Section 2(b) states that "as a condition precedent to recovery claims must be filed in writing with:"
1. the receiving or delivering carrier; or
2. the carrier issuing this bill of lading; or
    3. the carrier whose line the loss, damage, injury or delay occurred; or
    4. the carrier in possession of the property when the loss, damage, injury or delay occurred.
         Such claims must be filed within nine months after the delivery of the property . . . except that claims for failure to make CT Page 8410 delivery must be filed within nine months after a reasonable time for delivery has elapsed.

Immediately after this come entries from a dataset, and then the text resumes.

//! An application's end, over bytes.
ghost use Rattle.std.specs.Prelude.{◌≡◌, ◌≤◌, ℕ, length, max, Ok, Err, IfOk};
ghost use Rattle.tds_front.specs.Bytes.{IsWithin, body_in, behind_length, body_count, data_taken, action_done, due_for, fed, fed_by};
ghost use Rattle.tds_front.specs.Bytes.{behind_data, ended_in, packet_gone_on, headed, kind_from, new_front, length_part_behind};
ghost use Rattle.tds_front.specs.Bytes.{packet_done, part_of, run_of, told_body, front_with_due, front_with_kind, with_length};
ghost use Rattle.tds_front.specs.Bytes.{with_rest, with_status};
ghost use Rattle.tds_front.specs.Rules as rules;

use crate::fault::FrontFault;
use crate::parts::{body_of, due_for, kind_from, part_behind, part_of, run_of, told};
use crate::stage::{Action, Head, Stage};
use tds_packet::{Direction, Kind, PacketSize, Reset, Status};

/// Which bytes of a packet are due (MS-TDS 2.2.3.1).
#[derive(Clone, Copy, Debug)]
pub enum Due {
    Type,
    Status(Kind),
    HighLength(Kind, Status),
    LowLength(Kind, Status, u8),
    /// The header's last bytes, of which so many are due: SPID, PacketID and Window.
    Rest(Head, u8),
    /// So many bytes of data.
    Data(u16),
}

/// What of a message its data are.
#[derive(Clone, Copy, Debug)]
pub enum Part {
    /// The four bytes of the length of ALL_HEADERS, the lowest one first (MS-TDS 2.2.5.3).
    Low,
    High(u8),
    Third(u16),
    Fourth(u16),
    /// So many bytes of the headers.
    Headers(u16),
    Body,
    /// Nobody wants them.
    Dropped,
}

/// What came of bytes.
#[derive(Clone, Copy, Debug)]
pub enum Said {
    /// Nothing that concerns anybody.
    Nothing,
    /// A request of this kind begins, which asks for this reset.
    Begin { kind: Kind, reset: Option<Reset> },
    /// The last of these bytes, so many, go on behind those of the body before.
    Body(usize),
    /// The same, and the request is whole with them.
    End(usize),
    /// What has come of the request is to be forgotten, and nobody answers it. Whether something of it
    /// has gone on.
    Forget { gone: bool },
    /// An attention: what waits of a request is to be forgotten, and the attention acknowledged here.
    Acknowledge,
    /// An attention that the server is to be handed.
    HandOn,
}

/// How many bytes were taken, and what came of them.
#[derive(Clone, Copy, Debug)]
pub struct Fed {
    pub count: usize,
    pub said: Said,
}

/// An application's end: it takes what the application sends behind its login.
///
/// It keeps no data and takes no memory.
#[derive(Clone, Copy, Debug)]
pub struct Front {
    /// The packet size.
    most: u16,
    stage: Stage,
    due: Due,
    part: Part,
}

type Brought = Result<Fed, FrontFault>;

/// These bytes were taken, and this came of them.
fn says(count: usize, said: Said) -> Brought
    ensures is { result ≡ Ok (record { count = count; said = said }) }
    ensures within { (body_in said ≤ count) → IsWithin count result }
{
    Ok(Fed { count, said })
}

impl Front {
    /// The end of an application that has said nothing yet, whose packets have at most this size.
    pub fn new(size: PacketSize) -> Front
        ensures { result ≡ new_front size }
    {
        Front {
            most: size.get(),
            stage: Stage::Quiet,
            due: Due::Type,
            part: Part::Body,
        }
    }

    /// What the application is at.
    pub fn stage(&self) -> Stage
        ensures { result ≡ self.now.stage }
    {
        self.stage
    }

    /// Something of its request has gone on to the server.
    pub fn went_on(&mut self)
        ensures { self.new ≡ record self.old { stage = rules.request_went_on self.old.stage } }
    {
        self.stage = self.stage.went_on();
    }

    /// Its request has been answered.
    pub fn answered(&mut self)
        ensures { self.new ≡ record self.old { stage = rules.answered self.old.stage } }
    {
        self.stage = self.stage.answered();
    }

    /// Its attention, which was handed on, has been acknowledged.
    pub fn acknowledged(&mut self)
        ensures { self.new ≡ record self.old { stage = rules.acknowledged self.old.stage } }
    {
        self.stage = self.stage.acknowledged();
    }

    /// Takes bytes: a byte of a packet's header or of its headers' length, or a run of data. Call it
    /// with the bytes behind `count` until there are none.
    ///
    /// # Errors
    ///
    /// What breaks the protocol, as soon as its byte has come, and again at each later call.
    #[tactic(auto, unfolding(crate::specs::Bytes::fed))]
    pub fn feed(&mut self, piece: &[u8]) -> Result<Fed, FrontFault>
        ensures front { self.new ≡ (fed self.old piece.now).front }
        ensures brings { result ≡ (fed self.old piece.now).brings }
        ensures within { IfOk result (λ fed. fed.count ≤ length piece.now) }
        ensures body { IfOk result (λ fed. body_in fed.said ≤ fed.count) }
    {
        let Some(byte) = piece.first() else {
            return says(0, Said::Nothing);
        };
        match self.stage {
            Stage::Quiet => self.take(*byte, piece.len()),
            Stage::Receiving { .. } => self.take(*byte, piece.len()),
            Stage::Underway { .. } => self.take(*byte, piece.len()),
            Stage::Stopping => self.take(*byte, piece.len()),
            Stage::Broken(fault) => Err(fault),
        }
    }

    /// Takes the first of so many bytes, or a run of them.
    fn take(&mut self, byte: u8, there: usize) -> Brought
        ensures front { self.new ≡ (fed_by self.old.due self.old byte there).front }
        ensures brings { result ≡ (fed_by self.old.due self.old byte there).brings }
        ensures within { 1 ≤ there → IsWithin there result }
    {
        match self.due {
            Due::Type => self.take_kind(kind_from(byte)),
            Due::Status(kind) => self.take_status(kind, byte),
            Due::HighLength(kind, status) => {
                self.due = Due::LowLength(kind, status, byte);
                says(1, Said::Nothing)
            }
            Due::LowLength(kind, status, high) => {
                self.take_length(kind, status, 256 * u16::from(high) + u16::from(byte))
            }
            Due::Rest(head, left) => self.take_rest(head, left),
            Due::Data(left) => self.take_data(left, byte, there),
        }
    }

    /// It has broken the protocol so.
    fn fails(&mut self, fault: FrontFault) -> Brought
        ensures front { self.new ≡ record self.old { stage = Stage.Broken fault } }
        ensures brings { result ≡ Err fault }
        ensures within { (n : ℕ) → IsWithin n result }
    {
        self.stage = Stage::Broken(fault);
        Err(fault)
    }

    /// The type of a packet has come.
    fn take_kind(&mut self, kind: Option<Kind>) -> Brought
        ensures front { self.new ≡ (front_with_kind self.old kind).front }
        ensures brings { result ≡ (front_with_kind self.old kind).brings }
        ensures within { IsWithin 1 result }
    {
        match kind {
            None => self.fails(FrontFault::UnknownType),
            Some(kind) => {
                self.due = Due::Status(kind);
                says(1, Said::Nothing)
            }
        }
    }

    /// Its status.
    fn take_status(&mut self, kind: Kind, byte: u8) -> Brought
        ensures front { self.new ≡ (with_status self.old kind byte).front }
        ensures brings { result ≡ (with_status self.old kind byte).brings }
        ensures within { IsWithin 1 result }
    {
        match Status::read(byte, Direction::ToServer) {
            None => self.fails(FrontFault::WrongStatus),
            Some(status) => {
                self.due = Due::HighLength(kind, status);
                says(1, Said::Nothing)
            }
        }
    }

    /// Its length.
    fn take_length(&mut self, kind: Kind, status: Status, count: u16) -> Brought
        ensures front { self.new ≡ (with_length self.old kind status count).front }
        ensures brings { result ≡ (with_length self.old kind status count).brings }
        ensures within { IsWithin 1 result }
    {
        if count < 8 || count > self.most {
            return self.fails(FrontFault::WrongLength);
        }
        if count == 8 && !status.ends() {
            return self.fails(FrontFault::EmptyPart);
        }
        let head = Head {
            kind,
            status,
            count: count - 8,
        };
        self.due = Due::Rest(head, 4);
        says(1, Said::Nothing)
    }

    /// A byte of the header that nobody looks at. With the last one the packet is judged.
    fn take_rest(&mut self, head: Head, left: u8) -> Brought
        ensures front { self.new ≡ (with_rest self.old head left).front }
        ensures brings { result ≡ (with_rest self.old head left).brings }
        ensures within { IsWithin 1 result }
    {
        if left > 1 {
            self.due = Due::Rest(head, left - 1);
            return says(1, Said::Nothing);
        }
        let next = self.stage.taken(head);
        self.do_action(next.stage, head.count, next.does)
    }

    /// Does with a packet what its header says.
    fn do_action(&mut self, stage: Stage, count: u16, does: Result<Action, FrontFault>) -> Brought
        ensures front { self.new ≡ (action_done self.old stage count does).front }
        ensures brings { result ≡ (action_done self.old stage count does).brings }
        ensures within { IsWithin 1 result }
    {
        match does {
            Err(fault) => self.fails(fault),
            Ok(Action::Begin { kind, reset }) => {
                self.begin_data(stage, count, part_of(kind));
                says(1, Said::Begin { kind, reset })
            }
            Ok(Action::Go) => {
                self.begin_data(stage, count, self.part);
                self.go_on(count)
            }
            Ok(Action::Forget { gone }) => {
                self.begin_data(stage, count, Part::Dropped);
                says(1, Said::Forget { gone })
            }
            Ok(Action::Acknowledge) => {
                self.begin_data(stage, count, Part::Dropped);
                says(1, Said::Acknowledge)
            }
            Ok(Action::HandOn) => {
                self.begin_data(stage, count, Part::Dropped);
                says(1, Said::HandOn)
            }
        }
    }

    /// So many bytes of data are due.
    fn begin_data(&mut self, stage: Stage, count: u16, part: Part)
        ensures { self.new ≡ headed self.old stage count part }
    {
        self.stage = stage;
        self.due = due_for(count);
        self.part = part;
    }

    /// A packet that goes on with a message: without data it ends it.
    fn go_on(&mut self, count: u16) -> Brought
        ensures front { self.new ≡ (packet_gone_on self.old count).front }
        ensures brings { result ≡ (packet_gone_on self.old count).brings }
        ensures within { IsWithin 1 result }
    {
        if count == 0 {
            self.end_packet(1, 0)
        } else {
            says(1, Said::Nothing)
        }
    }

    /// Takes a run of data.
    fn take_data(&mut self, left: u16, byte: u8, there: usize) -> Brought
        ensures front { self.new ≡ (data_taken self.old left byte there).front }
        ensures brings { result ≡ (data_taken self.old left byte there).brings }
        ensures within { 1 ≤ there → IsWithin there result }
    {
        let within = there.min(usize::from(left)) as u16;
        let run = run_of(self.part, within);
        let body = body_of(self.part, run);
        match part_behind(self.part, byte, run) {
            None => self.fails(FrontFault::WrongHeaders),
            Some(part) => {
                self.part = part;
                self.pass(left, run, body)
            }
        }
    }

    /// So many of the bytes that are due were taken.
    fn pass(&mut self, left: u16, run: u16, body: u16) -> Brought
        ensures front { self.new ≡ (behind_data self.old left run body).front }
        ensures brings { result ≡ (behind_data self.old left run body).brings }
        ensures within { body ≤ run → IsWithin run result }
    {
        if left == run {
            self.due = Due::Type;
            return self.end_packet(run, body);
        }
        self.due = Due::Data(left.saturating_sub(run));
        says(usize::from(run), told(body))
    }

    /// A packet is done with.
    fn end_packet(&mut self, count: u16, body: u16) -> Brought
        ensures front { self.new ≡ (packet_done self.old self.old.stage count body).front }
        ensures brings { result ≡ (packet_done self.old self.old.stage count body).brings }
        ensures within { body ≤ count → IsWithin count result }
    {
        match self.stage {
            Stage::Quiet => says(usize::from(count), told(body)),
            Stage::Receiving { .. } => says(usize::from(count), told(body)),
            Stage::Underway { .. } => self.end_request(count, body),
            Stage::Stopping => says(usize::from(count), told(body)),
            Stage::Broken(_) => says(usize::from(count), told(body)),
        }
    }

    /// A request is done with.
    fn end_request(&mut self, count: u16, body: u16) -> Brought
        ensures front { self.new ≡ (ended_in self.old count body self.old.part).front }
        ensures brings { result ≡ (ended_in self.old count body self.old.part).brings }
        ensures within { body ≤ count → IsWithin count result }
    {
        match self.part {
            Part::Low => self.fails(FrontFault::WrongHeaders),
            Part::High(_) => self.fails(FrontFault::WrongHeaders),
            Part::Third(_) => self.fails(FrontFault::WrongHeaders),
            Part::Fourth(_) => self.fails(FrontFault::WrongHeaders),
            Part::Headers(_) => self.fails(FrontFault::WrongHeaders),
            Part::Body => says(usize::from(count), Said::End(usize::from(body))),
            Part::Dropped => says(usize::from(count), Said::Nothing),
        }
    }
}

In their complaint, the plaintiffs assert that, upon demand from the plaintiffs for return of the goods, the "defendant failed to deliver said goods to [Canberra] in the condition in which they were received."  It is unclear from this allegation whether the plaintiffs are claiming that the goods were damaged, partially delivered to their destination, or not delivered at all. Two separate letters dated October 11 and 17, 1990, respectively, copies of which are submitted by the plaintiffs in opposition to the motion for summary judgment, recite that the goods were never received at their intended destination. Conversely, William Pacelli, whose affidavit is submitted by Pace and Lloyds in support of the motion for summary judgment, attests to the fact that "Canberra goods" were delivered on December 6, 1989. Accordingly, the pleadings, affidavits, and other proof before the court demonstrate that a genuine issue of fact exists as to whether the present case involves the non-delivery of goods, as asserted by the plaintiffs, or damaged goods, as asserted by Pace and Lloyds. In addition, the present case involves complex issues for which summary judgment is ill adapted. See United Oil Co. v. Urban Redevelopment Commission, supra, 158 Conn. 375. Accordingly, viewing the evidence in the light most favorable to the nonmoving party, the motion for summary judgment is denied.